**Exercise:** Each line that includes "bool" must be copied from the records.

═══ Task inputs ═══

/// A body whose exceptions are handled.
#[tactic(auto, using(machine_frame::proofs::Resume::resume_push, machine_frame::proofs::Steps::load_push, core_program::proofs::Views::views))]
fn enter_try<'a>(
    run: &mut Run<'a>,
    a: Around<'a>,
    attempt: &'a Attempt,
) -> Result<Control<'a>, Fault>
    ensures meaning { IfOk result (λ c. going a.entry run.new c ≡ does a.entry run.old (λ w st. s.finally (part (v.part (out-Attempt attempt.now).last) w Null) (s.caught_by w.setting (clauses (form.handlers (map v.handler (out-Attempt attempt.now).handlers.items)) w) (eval (v.core (out-Attempt attempt.now).body) w st)))) }
    ensures less { IfOk result (λ c. work run.new c < room run.old + 6) }
{
    wait(run, a, Frame::Trying(attempt), &attempt.body)
}
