// Where the block stands that is a constructor's own body (ECMA-408, 10.6.1 Generative Constructors).
ghost use Rattle.std.specs.Prelude.{◌≡◌, ◌+◌, ◌<◌};
ghost use Rattle.grammar_laws.specs.Readers.{starts};
ghost use Rattle.parse_constructor.specs.Views.{open_after, selecting_first, arithmetic_first, relational_first, testing_first, enclosing_first};
ghost use Rattle.syntax_readers.specs.Combinators.{opening, closing};
ghost use Rattle.syntax_readers.specs.Declarations as spec;
ghost use Rattle.token_codes.specs.Codes.{class_of};

use dart_token::sign::Sign;
use dart_token::word::Word;
use token_cursor::codes::{MIDDLE, TAIL};
use token_cursor::cursor::Cursor;

// Whether a bracket comes that opens.
fn sees_opening(cursor: &Cursor<'_>) -> bool
    ensures { result ≡ starts class_of opening cursor.now }
{
    cursor.sees(Sign::LeftParenthesis)
        || cursor.sees(Sign::LeftBracket)
        || cursor.sees(Sign::LeftBrace)
}

// Whether a bracket comes that closes.
fn sees_closing(cursor: &Cursor<'_>) -> bool
    ensures { result ≡ starts class_of closing cursor.now }
{
    cursor.sees(Sign::RightParenthesis)
        || cursor.sees(Sign::RightBracket)
        || cursor.sees(Sign::RightBrace)
}

// How many brackets are open behind the next token.
fn open_after(unclosed: usize, cursor: &Cursor<'_>) -> usize
    requires room { unclosed + 1 < 18446744073709551616 }
    ensures { result ≡ open_after unclosed cursor.now }
{
    if sees_opening(cursor) {
        return unclosed + 1;
    }
    if sees_closing(cursor) {
        return unclosed.saturating_sub(1);
    }
    unclosed
}

// Whether a body, the end of an initialiser, a selector, a cascade or a conditional comes.
fn sees_selecting(cursor: &Cursor<'_>) -> bool
    ensures { result ≡ starts class_of selecting_first cursor.now }
{
    cursor.sees(Sign::LeftBrace)
        || cursor.sees(Sign::Semicolon)
        || cursor.sees(Sign::Comma)
        || cursor.sees(Sign::Dot)
        || cursor.sees(Sign::LeftBracket)
        || cursor.sees(Sign::LeftParenthesis)
        || cursor.sees(Sign::DotDot)
        || cursor.sees(Sign::Question)
}

// Whether an operator of arithmetic or a shift comes.
fn sees_arithmetic(cursor: &Cursor<'_>) -> bool
    ensures { result ≡ starts class_of arithmetic_first cursor.now }
{
    cursor.sees(Sign::Star)
        || cursor.sees(Sign::Slash)
        || cursor.sees(Sign::TildeSlash)
        || cursor.sees(Sign::Percent)
        || cursor.sees(Sign::Plus)
        || cursor.sees(Sign::Minus)
        || cursor.sees(Sign::ShiftLeft)
        || cursor.sees(Sign::Greater)
}

// Whether an operator on bits comes, or one that tells which of two is less.
fn sees_relational(cursor: &Cursor<'_>) -> bool
    ensures { result ≡ starts class_of relational_first cursor.now }
{
    cursor.sees(Sign::Ampersand)
        || cursor.sees(Sign::Caret)
        || cursor.sees(Sign::Bar)
        || cursor.sees(Sign::Less)
        || cursor.sees(Sign::LessEqual)
        || cursor.sees(Sign::GreaterEqual)
}

// Whether an equality, a logical operator or a test of a type comes.
fn sees_testing(cursor: &Cursor<'_>) -> bool
    ensures { result ≡ starts class_of testing_first cursor.now }
{
    cursor.sees(Sign::EqualEqual)
        || cursor.sees(Sign::NotEqual)
        || cursor.sees(Sign::AndAnd)
        || cursor.sees(Sign::OrOr)
        || cursor.sees_word(Word::Is)
        || cursor.sees_word(Word::As)
}

// Whether the conditional or the string goes on that holds a block.
fn sees_enclosing(cursor: &Cursor<'_>) -> bool
    ensures { result ≡ starts class_of enclosing_first cursor.now }
{
    cursor.sees(Sign::Colon) || cursor.sees_code(MIDDLE) || cursor.sees_code(TAIL)
}

// Whether the constructor goes on behind the block of an initialiser.
#[tactic(auto, using(crate::proofs::Scanning::behind_init_is))]
fn goes_on(cursor: &Cursor<'_>) -> bool
    ensures { result ≡ starts class_of spec.behind_init cursor.now }
{
    sees_selecting(cursor)
        || sees_arithmetic(cursor)
        || sees_relational(cursor)
        || sees_testing(cursor)
        || sees_enclosing(cursor)
}

// Whether the body begins here.
fn is_body(unclosed: usize, cursor: &Cursor<'_>) -> bool
    ensures { result ≡ spec.is_body unclosed cursor.now }
{
    unclosed == 0 && cursor.sees(Sign::LeftBrace) && !goes_on(&cursor.behind_brackets())
}

/// How many tokens stand before the body of a constructor, or how many come if it has none (ECMA-408, 10.6.1 Generative
/// Constructors).
pub fn before_body(cursor: &Cursor<'_>) -> usize
    ensures { result ≡ spec.before_body 0 cursor.now }
{
    let mut ahead = cursor.fork();
    let mut unclosed = 0;
    for turn in 0..cursor.left() {
        if is_body(unclosed, &ahead) {
            return turn;
        }
        unclosed = open_after(unclosed, &ahead);
        ahead = ahead.behind_next();
    }
    cursor.left()
}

═══

**Written answer:**
fn sees_opening(cursor: &Cursor<'_>) -> bool
fn sees_closing(cursor: &Cursor<'_>) -> bool
fn sees_selecting(cursor: &Cursor<'_>) -> bool
fn sees_arithmetic(cursor: &Cursor<'_>) -> bool
fn sees_relational(cursor: &Cursor<'_>) -> bool
fn sees_testing(cursor: &Cursor<'_>) -> bool
fn sees_enclosing(cursor: &Cursor<'_>) -> bool
fn goes_on(cursor: &Cursor<'_>) -> bool
fn is_body(unclosed: usize, cursor: &Cursor<'_>) -> bool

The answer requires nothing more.